First white South Africans fly to US under Trump refugee plan


By Tim Cocks

JOHANNESBURG (Reuters) – The first 49 white South Africans deemed victims of racial discrimination and granted refugee status under an offer by U.S. President Donald Trump were flying to the U.S. on Monday in a move deepening frictions between the two nations.

The U.S. government has blocked mostly non-white refugee admissions from the rest of the world but is prioritising Afrikaners, the descendants of mostly Dutch settlers.

Giving refugee status to white South Africans has been met with a mixture of alarm and ridicule by South African authorities, who say the Trump administration has waded into a domestic political issue it does not understand.

It comes at a time of heightened racial tensions in South Africa over land and jobs that has divided the ruling coalition.

The charter plane carrying the 49 from Johannesburg was expected to arrive at Washington Dulles airport on Monday morning.
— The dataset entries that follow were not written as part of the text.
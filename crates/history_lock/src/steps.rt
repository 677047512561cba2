//! The steps of a call, over a bare seat.
ghost use Rattle.std.specs.Prelude.{◌≡◌, ◌<◌, ◌≤◌, ◌+◌, ◌^◌, None, ℕ, IfOk, IfErr, IsSome, IsTrue, IsFalse, Some, [], ◌∷◌};
ghost use Rattle.history_lock.specs.declared.view.Slot.{Slot};
ghost use Rattle.history_lock.specs.declared.view.Standing.TheVariants.{Idle, Looked, Waits, Turn, Recorded};
ghost use Rattle.history_lock.specs.Histories.{Calls, HasSeenLegal, IsAdmitted, IsAllowed, IsAllowedSince, IsLedByOther, StartsWith};
ghost use Rattle.history_lock.specs.Rule.{Acts, Adds, Answered, HasRecorded, Holds, IsFree, IsKept, Takes, joined, less, machine_in, reads, share, staged};

use crate::law::{Compare, Count, Cut, Draw, Glue, Hand, Look, Take, Write};
use crate::machine::Machine;
use crate::room::{Hall, Stand};
use crate::view::Slot;
use std::hint;
use std::marker::Brand;
use std::snapshot::Snapshot;
use std::sync::Wait;

/// How long a history may get.
const MOST: u64 = 1 << 62;

// The word of the history's length, that of the next ticket, and that of the turn.
const LENGTH: usize = 0;

const TICKETS: usize = 1;

const TURN: usize = 2;

// How often a waiting pass looks before it sleeps: longer than most turns take.
const LOOKS: u32 = 1_024;

// The machine that a slot has.
pub(crate) fn machine_of<M, E, R>(slot: Slot<M, E, R>) -> Box<M>
    requires { IsSome (machine_in slot) }
    ensures { machine_in slot ≡ Some result.value }
{
    let Slot {
        machine,
        entry: _,
        reply: _,
    } = slot;
    match machine {
        Some(machine) => machine,
        None => unreachable!(),
    }
}

// A slot that has no machine.
fn forget<M, E, R>(slot: Slot<M, E, R>)
    requires { slot.machine ≡ None }
{
    let Slot {
        machine,
        entry: _,
        reply: _,
    } = slot;
    match machine {
        Some(_machine) => unreachable!(),
        None => (),
    }
}

impl<M: Machine> Hall<M> {
    // Reads the length of the history.
    fn look(&self, pass: &mut Stand<M>) -> u64
        requires hall { pass.old.table_id ≡ self.now.table.shared.table_id }
        requires idle { (pass.old.me.0.stage ≡ Idle) × (0 < pass.old.me.0.known.parts) }
        ensures same { (pass.new.table_id ≡ pass.old.table_id) × (pass.new.id ≡ pass.old.id) }
        ensures read { pass.new.me ≡ (reads pass.old.me.0 result, pass.old.me.1) }
    {
        self.table.shared.load::<Look<M>>(pass, LENGTH)
    }

    // Draws a ticket.
    fn draw(&self, pass: &mut Stand<M>) -> u64
        requires hall { pass.old.table_id ≡ self.now.table.shared.table_id }
        requires looked { pass.old.me.0.stage ≡ Looked }
        ensures same { (pass.new.table_id ≡ pass.old.table_id) × (pass.new.id ≡ pass.old.id) }
        ensures drawn { pass.new.me ≡ (staged pass.old.me.0 (Waits result), pass.old.me.1) }
        ensures small { result + 1 < 2 ^ 64 }
    {
        self.table.shared.fetch_add::<Draw<M>>(pass, TICKETS, 1)
    }

    // Waits for the turn of the ticket, and takes the machine's slot. It is meant to sleep once it has looked in vain for a
    // while: not past the turn that it saw, since that word has changed then.
    fn wait<R: Wait>(&self, rt: &R, pass: &mut Stand<M>, ticket: u64)
        requires hall { pass.old.table_id ≡ self.now.table.shared.table_id }
        requires waits { (pass.old.me.0.stage ≡ Waits ticket) × (0 < pass.old.me.0.known.parts) × (pass.old.me.1 ≡ []) }
        ensures same { (pass.new.table_id ≡ pass.old.table_id) × (pass.new.id ≡ pass.old.id) }
        ensures took { Takes M.steps M.allows pass.old.me.0 ticket pass.new.me }
    {
        let mut looks = 0;
        for _ in rt.forever() {
            let turn = self.table.shared.load::<Take<M>>(pass, TURN);
            if turn == ticket {
                return;
            }
            if looks < LOOKS {
                looks += 1;
                hint::spin_loop();
            } else {
                self.table
                    .shared
                    .park(rt, TURN, (turn & 0xffff_ffff) as u32);
            }
        }
        unreachable!()
    }

    // Lets the machine answer.
    fn ask(&self, pass: &mut Stand<M>, ticket: u64, entry: M::Entry) -> M::Reply
        requires hall { pass.old.table_id ≡ self.now.table.shared.table_id }
        requires turn { Holds M.steps M.admits pass.old.me.0 pass.old.me.1 ticket entry }
        ensures same { (pass.new.table_id ≡ pass.old.table_id) × (pass.new.id ≡ pass.old.id) }
        ensures view { pass.new.me.0 ≡ pass.old.me.0 }
        ensures answered { Answered M.steps pass.old.me.0 pass.new.me.1 ticket entry result }
    {
        let taken = self.table.shared.exchange(
            pass,
            0,
            Slot {
                machine: None,
                entry: None,
                reply: None,
            },
        );
        let mut machine = machine_of(taken);
        let asked = Snapshot::of(&entry);
        let reply = machine.turn(entry);
        let answered = Snapshot::of(&reply);
        let empty = self.table.shared.exchange(
            pass,
            0,
            Slot {
                machine: Some(machine),
                entry: Some(asked),
                reply: Some(answered),
            },
        );
        forget(empty);
        reply
    }

    // Records the entry with its reply, which are in the slot.
    fn record(&self, pass: &mut Stand<M>, ticket: u64, entry: &Snapshot<M::Entry>, reply: &M::Reply)
        requires hall { pass.old.table_id ≡ self.now.table.shared.table_id }
        requires part { 0 < pass.old.me.0.known.parts }
        requires answered { Answered M.steps pass.old.me.0 pass.old.me.1 ticket entry.now.value reply.now }
        requires allowed { IsAllowed M.steps M.allows pass.old.me.0.known entry.now.value }
        ensures same { (pass.new.table_id ≡ pass.old.table_id) × (pass.new.id ≡ pass.old.id) }
        ensures adds { Adds M.steps M.allows pass.old.me.0 pass.old.me.1 pass.new.me }
    {
        let _ = ticket;
        let _ = entry;
        let _ = reply;
        self.table.shared.fetch_add::<Write<M>>(pass, LENGTH, 1);
    }

    // Gives the slot back, and hands the turn on. Where a further ticket is drawn, its pass may sleep, and all are woken: who
    // draws behind that look finds the new turn.
    fn hand(&self, pass: &mut Stand<M>, ticket: u64)
        requires hall { pass.old.table_id ≡ self.now.table.shared.table_id }
        requires recorded { HasRecorded pass.old.me.0 pass.old.me.1 ticket }
        requires small { ticket + 1 < 2 ^ 64 }
        ensures same { (pass.new.table_id ≡ pass.old.table_id) × (pass.new.id ≡ pass.old.id) }
        ensures idle { pass.new.me ≡ (staged pass.old.me.0 Idle, []) }
    {
        self.table.shared.store::<Hand<M>>(pass, TURN, ticket + 1);
        if self.table.shared.peek(TICKETS) != ticket + 1 {
            self.table.shared.wake_all(TURN);
        }
    }

    // Lets the machine answer, records the entry and hands the turn on.
    fn act(&self, pass: &mut Stand<M>, ticket: u64, entry: M::Entry) -> M::Reply
        requires hall { pass.old.table_id ≡ self.now.table.shared.table_id }
        requires turn { Holds M.steps M.admits pass.old.me.0 pass.old.me.1 ticket entry }
        requires allowed { IsAllowed M.steps M.allows pass.old.me.0.known entry }
        requires part { 0 < pass.old.me.0.known.parts }
        requires small { ticket + 1 < 2 ^ 64 }
        ensures same { (pass.new.table_id ≡ pass.old.table_id) × (pass.new.id ≡ pass.old.id) }
        ensures call { Acts M.steps M.allows pass.old.me.0 entry result pass.new.me.0 }
        ensures back { pass.new.me.1 ≡ [] }
    {
        let asked = Snapshot::of(&entry);
        let reply = self.ask(pass, ticket, entry);
        self.record(pass, ticket, &asked, &reply);
        self.hand(pass, ticket);
        reply
    }

    // Makes one call.
    pub(crate) fn make<R: Wait>(
        &self,
        rt: &R,
        pass: &mut Stand<M>,
        entry: M::Entry,
    ) -> Result<M::Reply, M::Entry>
        requires hall { pass.old.table_id ≡ self.now.table.shared.table_id }
        requires free { IsFree pass.old }
        requires admitted { IsAdmitted M.steps M.allows M.admits pass.old.me.0.known entry }
        requires allowed { IsAllowed M.steps M.allows pass.old.me.0.known entry }
        ensures same { (pass.new.table_id ≡ pass.old.table_id) × (pass.new.id ≡ pass.old.id) }
        ensures free { IsFree pass.new }
        ensures stays { (pass.new.me.0.known.opening ≡ pass.old.me.0.known.opening) × (pass.new.me.0.known.parts ≡ pass.old.me.0.known.parts) }
        ensures leads { pass.new.me.0.known.leads ≡ pass.old.me.0.known.leads }
        ensures call { IfOk result (λ reply. Calls M.steps M.allows pass.old.me.0.known entry reply pass.new.me.0.known) }
        ensures worn { IfErr result (λ back. (back ≡ entry) × (2 ^ 62 ≤ pass.new.me.0.known.number) × IsKept pass.old.me.0.known pass.new.me.0.known) }
    {
        let length = self.look(pass);
        if length >= MOST {
            return Err(entry);
        }
        let ticket = self.draw(pass);
        self.wait(rt, pass, ticket);
        Ok(self.act(pass, ticket, entry))
    }

    // Splits a pass at a picked number of parts.
    fn cut<J: Count>(&self, pass: &mut Stand<M>, count: u32) -> Stand<M>
        requires hall { pass.old.table_id ≡ self.now.table.shared.table_id }
        requires idle { pass.old.me.0.stage ≡ Idle }
        requires parts { (0 < count) × (count < pass.old.me.0.known.parts) }
        requires picked { count ≡ J.count }
        ensures same { (pass.new.table_id ≡ pass.old.table_id) × (pass.new.id ≡ pass.old.id) }
        ensures left { pass.new.me ≡ (less pass.old.me.0 count, pass.old.me.1) }
        ensures right { (result.table_id ≡ pass.old.table_id) × (result.me ≡ (share pass.old.me.0 count, [])) }
    {
        let _ = count;
        self.table.shared.split_seat::<Cut<J>>(pass)
    }

    // Gives so many parts of a pass to a new one.
    pub(crate) fn give(&self, pass: &mut Stand<M>, count: u32) -> Stand<M>
        requires hall { pass.old.table_id ≡ self.now.table.shared.table_id }
        requires idle { pass.old.me.0.stage ≡ Idle }
        requires parts { (0 < count) × (count < pass.old.me.0.known.parts) }
        ensures same { (pass.new.table_id ≡ pass.old.table_id) × (pass.new.id ≡ pass.old.id) }
        ensures left { pass.new.me ≡ (less pass.old.me.0 count, pass.old.me.1) }
        ensures right { (result.table_id ≡ pass.old.table_id) × (result.me ≡ (share pass.old.me.0 count, [])) }
    {
        self.cut::<Brand>(pass, count)
    }

    // Puts two passes together. The load behind it compares the two histories.
    pub(crate) fn glue(&self, pass: &mut Stand<M>, other: Stand<M>)
        requires hall { (pass.old.table_id ≡ self.now.table.shared.table_id) × (other.table_id ≡ self.now.table.shared.table_id) }
        requires free { IsFree pass.old × IsFree other }
        ensures same { (pass.new.table_id ≡ pass.old.table_id) × (pass.new.id ≡ pass.old.id) }
        ensures both { pass.new.me ≡ (joined pass.old.me.0 other.me.0, []) }
        ensures free { IsFree pass.new }
        ensures begins { StartsWith pass.new.me.0.known.seen pass.old.me.0.known.seen × StartsWith pass.new.me.0.known.seen other.me.0.known.seen }
        ensures legal { HasSeenLegal M.steps pass.new.me.0.known }
        ensures led { IsTrue pass.old.me.0.known.leads → IsAllowedSince M.allows pass.new.me.0.known.seen pass.old.me.0.known.seen }
        ensures other { IsLedByOther M.allows pass.old.me.0.known other.me.0.known pass.new.me.0.known }
    {
        self.table.shared.join_seat::<Glue>(pass, other);
        self.table.shared.load::<Compare<M>>(pass, LENGTH);
    }
}
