impl Reader {
    /// A reader ahead of the first token.
    pub fn new(alloc: Global) -> Reader
        ensures { result ≡ start }
    {
        Reader {
            stage: Stage::Start,
            around: Stack::new(alloc),
            blocks: Stack::new(alloc),
        }
    }

    /// Whether a whole policy was read.
    pub fn is_at_end(&self) -> bool
        ensures { (result ≡ true) ↔ (self.now.stage ≡ Stage.End) }
    {
        self.stage == Stage::End
    }

    // Goes to a stage at which nothing stands around.
    fn to(&mut self, stage: Stage) -> bool
        ensures { (result ≡ true) × (self.new ≡ record { stage = stage; around = []; blocks = self.old.blocks }) }
    {
        self.around.clear();
        self.stage = stage;
        true
    }

    // Goes to a stage in an expression.
    fn within(&mut self, stage: Stage) -> bool
        ensures { (result ≡ true) × (self.new ≡ record { stage = stage; around = self.old.around; blocks = self.old.blocks }) }
    {
        self.stage = stage;
        true
    }

    // Goes to an expression that has this around it.
    fn enter(&mut self, around: Around, stage: Stage) -> Result<bool, NoMemory>
        ensures { IfOk result (λ read. (read ≡ true) × (self.new ≡ record { stage = stage; around = around ∷ self.old.around; blocks = self.old.blocks })) }
    {
        self.around.push(around)?;
        Ok(self.within(stage))
    }

    // Opens a block.
    fn open(&mut self, block: Block) -> Result<bool, NoMemory>
        ensures { IfOk result (λ read. (read ≡ true) × (self.new ≡ record { stage = Stage.Statement; around = []; blocks = block ∷ self.old.blocks })) }
    {
        self.blocks.push(block)?;
        Ok(self.to(Stage::Statement))
    }

    // The least level of an expression that stands here.
    fn least(&self) -> u8
        ensures { result ≡ least_in self.now.around }
    {
        match self.around.top() {
            Some(around) => around.least(),
            None => 0,
        }
    }

    // Ends what ends ahead of a token, and gives the shape of what was read then.
    fn settle(&mut self, pull: u8, shape: Shape) -> Shape
        ensures settled { settle pull self.old.around shape ≡ record { around = self.new.around; shape = result } }
        ensures stage { self.new.stage ≡ self.old.stage }
        ensures blocks { self.new.blocks ≡ self.old.blocks }
    {
        let mut shape = shape;
        while let Some(top) = self.around.top() {
            if pull >= top.least() {
                break;
            }
            self.around.pop();
            shape = top.made();
        }
        shape
    }

    // A closing brace.
    fn closed(&mut self) -> bool
        ensures { Goes result self.new (closed self.old.blocks) }
    {
        match self.blocks.pop() {
            None => self.to(Stage::End),
            Some(Block::First) => self.to(Stage::Else),
            Some(Block::Second | Block::Loop) => self.to(Stage::Statement),
        }
    }

    /// The reader behind a token, or `None` where no text of a policy goes on with it.
    pub fn step(self, token: &Token) -> Result<Option<Reader>, NoMemory>
        ensures { IfOk result (λ next. next ≡ step self token.now) }
    {
        let mut reader = self;
        if reader.read(token)? {
            Ok(Some(reader))
        } else {
            Ok(None)
        }
    }

    // Reads a token, where one like it may stand here. Where none may, the reader is done with.
    fn read(&mut self, token: &Token) -> Result<bool, NoMemory>
        ensures { IfOk result (λ read. Goes read self.new (step self.old token.now)) }
    {
        let read = match self.stage {
            Stage::Start => self.start(token),
            Stage::Table => is_name(token) && self.to(Stage::TableName),
            Stage::TableName => is_sign(token, Sign::Semicolon) && self.to(Stage::Start),
            Stage::Policy => self.policy(token),
            Stage::Learning => is_sign(token, Sign::OpenBrace) && self.to(Stage::Statement),
            Stage::Statement => self.statement(token),
            Stage::Else => self.or_else(token),
            Stage::Decided => is_sign(token, Sign::Semicolon) && self.to(Stage::Statement),
            Stage::Let => is_name(token) && self.to(Stage::LetName),
            Stage::LetName => is_sign(token, Sign::Assign) && self.to(Stage::Ahead(Base::Let)),
            Stage::Assigned => is_sign(token, Sign::Assign) && self.to(Stage::Ahead(Base::Assign)),
            Stage::If => return self.question(token),
            Stage::Asks(base) => {
                is_sign(token, Sign::OpenParenthesis) && self.to(Stage::Ahead(base))
            }
            Stage::Ahead(base) => return self.ahead(base, token),
            Stage::Callee(base) => return self.callee(base, token),
            Stage::Behind(base, shape) => return self.behind(base, shape, token),
            Stage::Asked => is_keyword(token, Keyword::As) && self.to(Stage::As),
            Stage::As => is_name(token) && self.to(Stage::Bound),
            Stage::Bound => return self.block(Block::First, token),
            Stage::ElseBlock => return self.block(Block::Second, token),
            Stage::End => false,
        };
        Ok(read)
    }

    fn start(&mut self, token: &Token) -> bool
        ensures { Goes result self.new (step_at Stage.Start self.old.around self.old.blocks token.now) }
    {
        if is_keyword(token, Keyword::Table) {
            return self.to(Stage::Table);
        }
        is_keyword(token, Keyword::Policy) && self.to(Stage::Policy)
    }

    fn policy(&mut self, token: &Token) -> bool
        ensures { Goes result self.new (step_at Stage.Policy self.old.around self.old.blocks token.now) }
    {
        if is_keyword(token, Keyword::Learning) {
            return self.to(Stage::Learning);
        }
        is_sign(token, Sign::OpenBrace) && self.to(Stage::Statement)
    }

    fn or_else(&mut self, token: &Token) -> bool
        ensures { Goes result self.new (step_at Stage.Else self.old.around self.old.blocks token.now) }
    {
        if is_keyword(token, Keyword::Else) {
            return self.to(Stage::ElseBlock);
        }
        self.statement(token)
    }

    // The first word of a statement, or the brace that closes its block.
    fn statement(&mut self, token: &Token) -> bool
        ensures { Goes result self.new (statement self.old.blocks token.now) }
    {
        if is_keyword(token, Keyword::Drop) || is_keyword(token, Keyword::Flood) {
            self.to(Stage::Decided)
        } else if is_keyword(token, Keyword::Out) {
            self.to(Stage::Ahead(Base::Out(0)))
        } else if is_keyword(token, Keyword::Route) {
            self.to(Stage::Ahead(Base::Route))
        } else if is_keyword(token, Keyword::Let) {
            self.to(Stage::Let)
        } else if is_keyword(token, Keyword::If) {
            self.to(Stage::If)
        } else if is_keyword(token, Keyword::While) {
            self.to(Stage::Ahead(Base::While))
        } else if is_name(token) {
            self.to(Stage::Assigned)
        } else {
            is_sign(token, Sign::CloseBrace) && self.closed()
        }
    }

    // The opening brace of a block.
    fn block(&mut self, block: Block, token: &Token) -> Result<bool, NoMemory>
        ensures { IfOk result (λ read. Goes read self.new (only (is_sign Sign.OpenBrace token.now) (to Stage.Statement (block ∷ self.old.blocks)))) }
    {
        if is_sign(token, Sign::OpenBrace) {
            self.open(block)
        } else {
            Ok(false)
        }
    }

    // What an `if` asks.
    fn question(&mut self, token: &Token) -> Result<bool, NoMemory>
        ensures { IfOk result (λ read. Goes read self.new (step_at Stage.If self.old.around self.old.blocks token.now)) }
    {
        self.around.clear();
        if is_keyword(token, Keyword::Host) {
            return Ok(self.to(Stage::Asks(Base::Host)));
        }
        if is_keyword(token, Keyword::Hop) {
            return Ok(self.to(Stage::Asks(Base::Hop)));
        }
        self.ahead(Base::If, token)
    }

    // The first token of an expression.
    fn ahead(&mut self, base: Base, token: &Token) -> Result<bool, NoMemory>
        ensures { IfOk result (λ read. Goes read self.new (ahead base self.old.around self.old.blocks token.now)) }
    {
        if is_sign(token, Sign::OpenParenthesis) {
            self.enter(Around::Group, Stage::Ahead(base))
        } else if is_keyword(token, Keyword::Not) && self.least() <= 2 {
            self.enter(Around::Not, Stage::Ahead(base))
        } else {
            Ok(self.single(base, token))
        }
    }

    // An expression of one token, or the word of a call.
    fn single(&mut self, base: Base, token: &Token) -> bool
        requires sign { is_sign Sign.OpenParenthesis token.now ≡ false }
        requires negation { is_keyword Keyword.Not token.now && nat_le (least_in self.old.around) 2 ≡ false }
        ensures { Goes result self.new (ahead base self.old.around self.old.blocks token.now) }
    {
        if is_keyword(token, Keyword::Up) || is_keyword(token, Keyword::At) {
            self.within(Stage::Callee(base))
        } else if is_name(token) {
            self.within(Stage::Behind(base, Shape::Name))
        } else if is_field(token) {
            self.within(Stage::Behind(base, Shape::Field))
        } else {
            is_value(token) && self.within(Stage::Behind(base, Shape::Whole))
        }
    }

    // The parenthesis behind the word of a call.
    fn callee(&mut self, base: Base, token: &Token) -> Result<bool, NoMemory>
        ensures { IfOk result (λ read. Goes read self.new (step_at (Stage.Callee base) self.old.around self.old.blocks token.now)) }
    {
        if is_sign(token, Sign::OpenParenthesis) {
            self.enter(Around::First, Stage::Ahead(base))
        } else {
            Ok(false)
        }
    }

    // Behind an expression, or behind what of it was read.
    fn behind(&mut self, base: Base, shape: Shape, token: &Token) -> Result<bool, NoMemory>
        ensures { IfOk result (λ read. Goes read self.new (behind base (settle (pull token.now) self.old.around shape) self.old.blocks token.now)) }
    {
        let shape = self.settle(pull(token), shape);
        if is_keyword(token, Keyword::Is) {
            self.behind_is(base, shape)
        } else if is_sign(token, Sign::OpenBracket) {
            Ok(self.behind_bracket(base, shape))
        } else if is_sign(token, Sign::CloseParenthesis) {
            Ok(self.behind_parenthesis(base))
        } else if is_sign(token, Sign::Comma) {
            self.behind_comma(base)
        } else if is_sign(token, Sign::Semicolon) {
            Ok(self.behind_semicolon(base))
        } else if is_sign(token, Sign::OpenBrace) {
            self.behind_brace(base)
        } else if is_sign(token, Sign::CloseBracket) {
            Ok(self.behind_index(base))
        } else if let Some(operator) = operator_in(token) {
            self.behind_operator(base, shape, operator)
        } else {
            Ok(false)
        }
    }

    fn behind_operator(
        &mut self,
        base: Base,
        shape: Shape,
        operator: Operator,
    ) -> Result<bool, NoMemory>
        ensures { IfOk result (λ read. Goes read self.new (behind_operator base self.old.around shape self.old.blocks operator)) }
    {
        if operator.left_level() <= shape.level() {
            self.enter(Around::Left(operator), Stage::Ahead(base))
        } else {
            Ok(false)
        }
    }

    // The word `is` stands behind a field, where a test may begin.
    fn behind_is(&mut self, base: Base, shape: Shape) -> Result<bool, NoMemory>
        ensures { IfOk result (λ read. Goes read self.new (behind_is base self.old.around shape self.old.blocks)) }
    {
        match shape {
            Shape::Field if self.least() <= 3 => self.enter(Around::Is, Stage::Ahead(base)),
            _ => Ok(false),
        }
    }

    // The sign `[` stands behind the name of a table that an `if` asks.
    fn behind_bracket(&mut self, base: Base, shape: Shape) -> bool
        ensures { Goes result self.new (behind_bracket base self.old.around shape self.old.blocks) }
    {
        match (base, self.around.top(), shape) {
            (Base::If, None, Shape::Name) => self.to(Stage::Ahead(Base::Lookup)),
            _ => false,
        }
    }

    fn behind_parenthesis(&mut self, base: Base) -> bool
        ensures { Goes result self.new (behind_parenthesis base self.old.around self.old.blocks) }
    {
        match self.around.pop() {
            Some(Around::Group | Around::Second) => self.within(Stage::Behind(base, Shape::Whole)),
            Some(_) => false,
            None => match base {
                Base::Host | Base::Hop => self.to(Stage::Asked),
                _ => false,
            },
        }
    }

    fn behind_comma(&mut self, base: Base) -> Result<bool, NoMemory>
        ensures { IfOk result (λ read. Goes read self.new (behind_comma base self.old.around self.old.blocks)) }
    {
        match (self.around.pop(), base) {
            (Some(Around::First), _) => self.enter(Around::Second, Stage::Ahead(base)),
            (None, Base::Out(count)) if count < MOST_BEHIND_FIRST => {
                Ok(self.to(Stage::Ahead(Base::Out(count + 1))))
            }
            _ => Ok(false),
        }
    }

    fn behind_semicolon(&mut self, base: Base) -> bool
        ensures { Goes result self.new (behind_semicolon base self.old.around self.old.blocks) }
    {
        match (self.around.top(), base) {
            (None, Base::Out(_) | Base::Route | Base::Let | Base::Assign) => {
                self.to(Stage::Statement)
            }
            _ => false,
        }
    }

    fn behind_brace(&mut self, base: Base) -> Result<bool, NoMemory>
        ensures { IfOk result (λ read. Goes read self.new (behind_brace base self.old.around self.old.blocks)) }
    {
        match (self.around.top(), base) {
            (None, Base::If) => self.open(Block::First),
            (None, Base::While) => self.open(Block::Loop),
            _ => Ok(false),
        }
    }

    fn behind_index(&mut self, base: Base) -> bool
        ensures { Goes result self.new (behind_index base self.old.around self.old.blocks) }
    {
        match (self.around.top(), base) {
            (None, Base::Lookup) => self.to(Stage::Asked),
            _ => false,
        }
    }
}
“The government unequivocally states that these are not refugees,” South African foreign ministry spokesperson Chrispin Phiri told local broadcaster Newzroom Afrika.

“But we are not going to stand in their way.”

WEALTH INEQUITIES

Since Nelson Mandela brought democracy into South Africa in the 1994, the once-ruling white minority has retained most of the wealth amassed under colonialism and apartheid.

Whites still own three-quarters of private land and have about 20 times the wealth of the Black majority, according to international academic journal the Review of Political Economy.

Less than 10% of white South Africans are out of work, compared with more than a third of their Black counterparts.

Yet the claim that minority white South Africans face discrimination from the Black majority has become an established trope in right-wing online chatrooms, and has been echoed by Trump’s white South African-born ally Elon Musk.

Since his return to the White House in January, Trump has cut all U.S. financial assistance to South Africa last month, citing disapproval of its land policy and of its genocide case at the International Court of Justice against Washington’s ally, Israel.